Para no caer en simplismos señalo cuatro grandes limitaciones que han hecho peculiar e insuficiente nuestro sistema educativo en este entorno. En primer lugar, el enorme déficit de tradición en el tratamiento de lo moral desde una reflexión secular. En segundo lugar, la tendencia a responder o a priorizar ciertos temas de moda o a apagar incendios sin una visión compleja y profunda del tema. Efectivamente, en su momento fue la asignatura de ética, después los valores y también los ejes transversales, la diversidad y la resolución de conflictos… En tercer lugar, una generalizada ausencia de un currículum universitario sobre esta materia en las facultades de Educación y su repercusión en las distintas generaciones de titulados. Finalmente, la inexistencia de estudios empíricos sobre los resultados de todas esas iniciativas. Más bien parece que el insigne esfuerzo de la escuela y la pluralidad de recursos y estrategias empleados en la formación de valores hubiera fracasado en buena parte.

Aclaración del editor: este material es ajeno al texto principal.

//! A kit at the front of an input, line by line up to the line `go`.
ghost use Rattle.std.specs.Prelude.{◌≡◌, ◌⊎◌, IfErr, IfOk, IfSome, IsErrOf, Ok, OnOk};
ghost use Rattle.byte_defs.specs.Reads.{Makes};
ghost use Rattle.rp_base.specs.Causes.{Rose};
ghost use Rattle.kit_defs.specs.Kits as plain_kits;
ghost use Rattle.kit_defs.specs.Kits.{IsKit};
ghost use Rattle.kit_defs.specs.KitReading as plain;
ghost use Rattle.kit_reading.specs.declared.faults.KitFault.TheVariants as faults;
ghost use Rattle.kit_reading.specs.Faults.{fault_of};
ghost use Rattle.kit_reading.specs.Fronts.{Begins, HasFault, LineTaken, NoLine, front_fault, of_input, of_kit};

use crate::faults::KitFault;
use crate::reading::finish;
use crate::taking::{MOST_LINE_BYTES, take_line};
use kit_draft::Draft;
use kit_file::Kit;
use line_input::{InputFault, Lines, Next, Source};
use rp_base::NoMemory;
use std::alloc::Global;

/// A kit that was read from the front of an input.
#[derive(Drop)]
pub struct Front {
    pub kit: Kit,

    /// The number of the line `go`, where lines are counted from 1.
    pub go: usize,
}

/// Why no kit was read from the front of an input.
#[derive(Clone, Copy, Debug, PartialEq, Eq)]
pub enum FrontFault {
    /// A read of the input failed.
    Read,

    /// The lines of the input have this fault, or memory ran out.
    Kit(KitFault),
}

impl From<InputFault> for FrontFault {
    ghost from_gives = { λ fault e. e ≡ of_input fault };

    fn from(fault: InputFault) -> FrontFault {
        match fault {
            InputFault::Read => FrontFault::Read,
            InputFault::NoMemory => FrontFault::Kit(KitFault::NoMemory),
        }
    }
}

impl From<KitFault> for FrontFault {
    ghost from_gives = { λ fault e. e ≡ of_kit fault };

    fn from(fault: KitFault) -> FrontFault {
        FrontFault::Kit(fault)
    }
}

impl From<NoMemory> for FrontFault {
    ghost from_gives = { λ _ e. e ≡ of_kit faults.NoMemory };

    fn from(_refused: NoMemory) -> FrontFault {
        FrontFault::Kit(KitFault::NoMemory)
    }
}

// Takes the next line, which has this number.
fn next_line<S: Source>(lines: &mut Lines, input: &mut S, number: usize) -> Result<(), FrontFault>
    ensures taken { OnOk result (LineTaken (S.left input.old) (S.left input.new) lines.old.ahead lines.new) }
    ensures none { IfErr result (λ e. IfSome (front_fault e)
        (λ f. (f ≡ plain.Line number) × NoLine (S.left input.old) (S.left input.new) lines.old.ahead)) }
    ensures failed { IsErrOf result FrontFault.Read → Rose (S.faults input.old) (S.faults input.new) }
    ensures steady { IsErrOf result FrontFault.Read ⊎ (S.faults input.new ≡ S.faults input.old) }
{
    match lines.read(input, MOST_LINE_BYTES)? {
        Next::Line => Ok(()),
        Next::Broken => Err(FrontFault::Kit(KitFault::Line { line: number })),
        Next::End => Err(FrontFault::Kit(KitFault::Line { line: number })),
    }
}

// The kit of the lines before the line `go`, which has this number.
fn end(alloc: Global, go: usize, draft: Draft) -> Result<Kit, KitFault>
    requires { (kit : plain_kits.Kit) → plain.finish go draft ≡ Ok kit → IsKit kit }
    ensures { Makes fault_of (λ kit. kit) result (plain.finish go draft) }
{
    let parts = finish(go, draft)?;
    Ok(Kit::new(alloc, parts)?)
}

/// The kit at the front of an input, up to and with the line `go`. The lines after it are still to be read.
///
/// # Errors
/// [`FrontFault::Kit`] with the first fault of the lines in their order, where the input's end before the line `go` is a line that is none;
/// or with [`KitFault::NoMemory`]. [`FrontFault::Read`] only where a read failed.
pub fn read_front<S: Source>(
    alloc: Global,
    lines: &mut Lines,
    input: &mut S,
) -> Result<Front, FrontFault>
    ensures found { IfOk result (λ front. Begins (S.left input.old) (S.left input.new) lines.old.ahead front.kit front.go lines.new.ahead) }
    ensures kit { IfOk result (λ front. IsKit front.kit) }
    ensures fault { IfErr result (λ e. IfSome (front_fault e) (HasFault (S.left input.old) (S.left input.new) lines.old.ahead)) }
    ensures failed { IsErrOf result FrontFault.Read → Rose (S.faults input.old) (S.faults input.new) }
    ensures steady { IsErrOf result FrontFault.Read ⊎ (S.faults input.new ≡ S.faults input.old) }
{
    let mut draft = Draft::new(alloc)?;
    'lines: for number in 1..usize::MAX {
        next_line(lines, input, number)?;
        if lines.line() == b"go".as_slice() {
            let kit = end(alloc, number, draft)?;
            return Ok(Front { kit, go: number });
        }
        take_line(&mut draft, alloc, number, lines.line())?;
    }
    Err(FrontFault::Kit(KitFault::NoMemory))
}
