// What gpg-agent 2.2.40 wrote for a new key with the passphrase `abc`, as canonical expression, and
// what gpg-protect-tool makes of it.
const GNUPG_FILE: [u8; 284] = [
    0x28, 0x32, 0x31, 0x3A, 0x70, 0x72, 0x6F, 0x74, 0x65, 0x63, 0x74, 0x65, 0x64, 0x2D, 0x70, 0x72,
    0x69, 0x76, 0x61, 0x74, 0x65, 0x2D, 0x6B, 0x65, 0x79, 0x28, 0x33, 0x3A, 0x65, 0x63, 0x63, 0x28,
    0x35, 0x3A, 0x63, 0x75, 0x72, 0x76, 0x65, 0x37, 0x3A, 0x45, 0x64, 0x32, 0x35, 0x35, 0x31, 0x39,
    0x29, 0x28, 0x35, 0x3A, 0x66, 0x6C, 0x61, 0x67, 0x73, 0x35, 0x3A, 0x65, 0x64, 0x64, 0x73, 0x61,
    0x29, 0x28, 0x31, 0x3A, 0x71, 0x33, 0x33, 0x3A, 0x40, 0x56, 0x30, 0x4C, 0x37, 0x94, 0x0B, 0x94,
    0x83, 0xA0, 0xE6, 0x38, 0x7F, 0x22, 0x4C, 0xCF, 0xEB, 0x23, 0x6B, 0xB1, 0xF2, 0x65, 0xB5, 0xAE,
    0xB3, 0x5D, 0x72, 0xC0, 0x3C, 0x93, 0x1B, 0x0B, 0x7D, 0x29, 0x28, 0x39, 0x3A, 0x70, 0x72, 0x6F,
    0x74, 0x65, 0x63, 0x74, 0x65, 0x64, 0x32, 0x30, 0x3A, 0x6F, 0x70, 0x65, 0x6E, 0x70, 0x67, 0x70,
    0x2D, 0x73, 0x32, 0x6B, 0x33, 0x2D, 0x6F, 0x63, 0x62, 0x2D, 0x61, 0x65, 0x73, 0x28, 0x28, 0x34,
    0x3A, 0x73, 0x68, 0x61, 0x31, 0x38, 0x3A, 0x8B, 0x73, 0xF8, 0x5C, 0xD0, 0x90, 0x74, 0x9B, 0x35,
    0x3A, 0x36, 0x35, 0x35, 0x33, 0x36, 0x29, 0x31, 0x32, 0x3A, 0x7E, 0x40, 0x12, 0xF9, 0x74, 0x9A,
    0xFE, 0x7D, 0xED, 0xA1, 0xA4, 0x6E, 0x29, 0x36, 0x30, 0x3A, 0xEB, 0xB5, 0x31, 0xCE, 0x76, 0x65,
    0x34, 0x9E, 0x93, 0xE2, 0xD9, 0x96, 0xEC, 0xE7, 0xF3, 0x4E, 0x6B, 0x71, 0xDA, 0x4B, 0x3C, 0x93,
    0x60, 0x49, 0x7D, 0xFE, 0x99, 0xDE, 0x0A, 0x7F, 0xFC, 0x39, 0x42, 0x05, 0xFE, 0xCC, 0x36, 0x40,
    0xA0, 0xC8, 0x67, 0x9F, 0x3A, 0x8C, 0xED, 0x7D, 0xC5, 0xF6, 0x17, 0x90, 0x84, 0xFC, 0x57, 0x1D,
    0x48, 0xD6, 0x72, 0x0D, 0x0B, 0x3C, 0x29, 0x28, 0x31, 0x32, 0x3A, 0x70, 0x72, 0x6F, 0x74, 0x65,
    0x63, 0x74, 0x65, 0x64, 0x2D, 0x61, 0x74, 0x31, 0x35, 0x3A, 0x32, 0x30, 0x32, 0x36, 0x31, 0x31,
    0x32, 0x38, 0x54, 0x31, 0x35, 0x35, 0x32, 0x34, 0x34, 0x29, 0x29, 0x29,
];

const GNUPG_CLEAR: [u8; 138] = [
    0x28, 0x31, 0x31, 0x3A, 0x70, 0x72, 0x69, 0x76, 0x61, 0x74, 0x65, 0x2D, 0x6B, 0x65, 0x79, 0x28,
    0x33, 0x3A, 0x65, 0x63, 0x63, 0x28, 0x35, 0x3A, 0x63, 0x75, 0x72, 0x76, 0x65, 0x37, 0x3A, 0x45,
    0x64, 0x32, 0x35, 0x35, 0x31, 0x39, 0x29, 0x28, 0x35, 0x3A, 0x66, 0x6C, 0x61, 0x67, 0x73, 0x35,
    0x3A, 0x65, 0x64, 0x64, 0x73, 0x61, 0x29, 0x28, 0x31, 0x3A, 0x71, 0x33, 0x33, 0x3A, 0x40, 0x56,
    0x30, 0x4C, 0x37, 0x94, 0x0B, 0x94, 0x83, 0xA0, 0xE6, 0x38, 0x7F, 0x22, 0x4C, 0xCF, 0xEB, 0x23,
    0x6B, 0xB1, 0xF2, 0x65, 0xB5, 0xAE, 0xB3, 0x5D, 0x72, 0xC0, 0x3C, 0x93, 0x1B, 0x0B, 0x7D, 0x29,
    0x28, 0x31, 0x3A, 0x64, 0x33, 0x32, 0x3A, 0x2A, 0x7C, 0x64, 0x5A, 0x61, 0x5F, 0x28, 0xBE, 0x46,
    0x3C, 0xC7, 0xD2, 0x0E, 0x00, 0x04, 0xA2, 0xF0, 0x78, 0x5A, 0x87, 0xF1, 0xEB, 0xC4, 0x5B, 0x8C,
    0xBB, 0xE8, 0xC3, 0x6B, 0xCC, 0x73, 0xF3, 0x29, 0x29, 0x29,
];

const START: &[u8] = b"(21:protected-private-key(3:ecc(1:q1:Q)(9:protected";

const CBC: &[u8] = b"25:openpgp-s2k3-sha1-aes-cbc((4:sha18:saltsalt2:96)16:0123456789abcdef)";

const OCB: &[u8] = b"20:openpgp-s2k3-ocb-aes((4:sha18:saltsalt2:96)12:0123456789ab)";

const TIME: &[u8] = b"(12:protected-at15:20240101T000000)";

// A protected file: the name and the derivation, the octets with their length, and the time.
fn file_of(
    rt: &HostRuntime,
    derivation: &[u8],
    octets: &[u8],
    time: &[u8],
) -> Result<Vec<u8>, Fail> {
    let mut file = Vec::from_slice(rt.alloc(), START)?;
    file.extend_from_slice(derivation)?;
    let len = format!(in rt.alloc(); "{}:", octets.len())?;
    file.extend_from_slice(len.as_bytes())?;
    file.extend_from_slice(octets)?;
    file.extend_from_slice(b")")?;
    file.extend_from_slice(time)?;
    file.extend_from_slice(b"))")?;
    Ok(file)
}

fn name_of(answer: &Unlocked) -> &'static str {
    match answer {
        Unlocked::Key(_) => "key",
        Unlocked::BadPassphrase => "bad passphrase",
        Unlocked::NotProtected => "not protected",
        Unlocked::Shadowed => "shadowed",
        Unlocked::BadSecKey => "bad secret key",
        Unlocked::NotSupported => "not supported",
        Unlocked::InvSexp => "no expression",
        Unlocked::NoMemory => "no memory",
    }
}

fn name_of_fault(fault: KeyFault) -> &'static str {
    match fault {
        KeyFault::InvSexp => "no expression",
        KeyFault::BadSecKey => "bad secret key",
        KeyFault::Shadowed => "shadowed",
        KeyFault::NotSupported => "not supported",
        KeyFault::NoMemory => "no memory",
    }
}

// What three calls in a row answer, where the locked key is opened twice.
fn by_three_calls(rt: &HostRuntime, file: &[u8], pass: &[u8]) -> &'static str {
    let key = match key_of(rt.alloc(), file) {
        Ok(key) => key,
        Err(fault) => return name_of_fault(fault),
    };
    if key.is_clear() {
        return "not protected";
    }
    match Locked::of(rt.alloc(), key) {
        Ok(locked) => twice_opened(rt, &locked, pass),
        Err(fault) => name_of_fault(fault),
    }
}

fn twice_opened(rt: &HostRuntime, locked: &Locked, pass: &[u8]) -> &'static str {
    if pass.len() > 255 {
        return "too long";
    }
    let _first = locked.open(rt.alloc(), b"another");
    match locked.open(rt.alloc(), pass) {
        Opened::Key(_) => "key",
        Opened::BadPassphrase => "bad passphrase",
        Opened::NoMemory => "no memory",
    }
}

fn answers(rt: &HostRuntime, file: &[u8], pass: &[u8], want: &str) -> bool {
    if pass.len() > 255 {
        return false;
    }
    let answer = unprotect(rt.alloc(), file, pass);
    name_of(&answer) == want && by_three_calls(rt, file, pass) == want
}

// The name and the derivation, the octets, the time and the passphrase of a file, and what is
// answered for it.
type Row = (
    &'static [u8],
    &'static [u8],
    &'static [u8],
    &'static [u8],
    &'static str,
);

fn first_wrong(rt: &HostRuntime, rows: &[Row]) -> Result<Option<usize>, Fail> {
    for (i, (derivation, octets, time, pass, want)) in rows.iter().enumerate() {
        let file = file_of(rt, derivation, octets, time)?;
        if !answers(rt, &file, pass, want) {
            return Ok(Some(i));
        }
    }
    Ok(None)
}

#[test]
fn a_protected_file_opens_exactly_by_its_passphrase(rt: HostRuntime) -> Result<(), Fail> {
    let rows: [Row; 17] = [
        (CBC, &OCTETS, TIME, b"abc", "key"),
        (CBC, &OCTETS, TIME, b"", "bad passphrase"),
        (CBC, &OCTETS, TIME, b"ab", "bad passphrase"),
        (CBC, &OCTETS, TIME, b"abd", "bad passphrase"),
        (CBC, &OCTETS, TIME, b"abcd", "bad passphrase"),
        (CBC, &OCTETS, b"", b"abc", "bad passphrase"),
        (CBC, &OTHER_DIGEST, TIME, b"abc", "bad passphrase"),
        (CBC, &OTHER_NAME, TIME, b"abc", "bad passphrase"),
        (CBC, &PADDING_16, TIME, b"abc", "key"),
        (CBC, &PADDING_17, TIME, b"abc", "bad passphrase"),
        (OCB, &SEALED, TIME, b"abc", "key"),
        (OCB, &SEALED, TIME, b"abd", "bad passphrase"),
        (OCB, &SEALED, b"", b"abc", "bad passphrase"),
        (OCB, &SEALED_WITHOUT_TIME, b"", b"abc", "key"),
        (OCB, &SEALED_WITHOUT_TIME, TIME, b"abc", "bad passphrase"),
        (OCB, &SEALED_OTHER_NAME, TIME, b"abc", "bad passphrase"),
        (OCB, &SEALED_LONGER, TIME, b"abc", "bad passphrase"),
    ];
    assert_eq!(rt; first_wrong(&rt, &rows)?, None);
    one_answer();
    unprotect_is_three_calls();
    Ok(())
}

Todo ello me lleva a pensar que la asignatura de educación para la ciudadanía - a pesar de que tenga muchos defensores- no está exenta a priori de dificultades objetivas y que tendrá retos en su implantación más allá del esperpéntico debate actual. Entre otras cosas no permitamos ni colaboremos en caer en ingenuidades. Destaco dos: ni ciertas gestas de falta de ciudadanía - protagonizadas por adolescentes, jóvenes o adultos- se resolverán con esta asignatura, ni estaremos exentos de la típica y provocativa casuística pseudocente que nada tiene que ver con el buen hacer de la mayoría del profesorado.
La educación para la ciudadanía debe formar para capacitar en lo básico, para iniciar, para establecer unos mínimos, para fundamentar y, muy especialmente, para indicar que existen muchos proyectos de ciudadanía que se fundamentan en distintas visiones del hombre y del mundo. Que cada hombre y mujer, que todos los estudiantes digan sí a la ciudadanía - en su doble vertiente de derechos y deberes-, hoy por hoy es un gran valor y un enorme potencial. Una educación para la ciudadanía que ofreciera un referente cerrado y homogéneo caería en el dogmatismo. Entonces, simplemente, no sería tal educación.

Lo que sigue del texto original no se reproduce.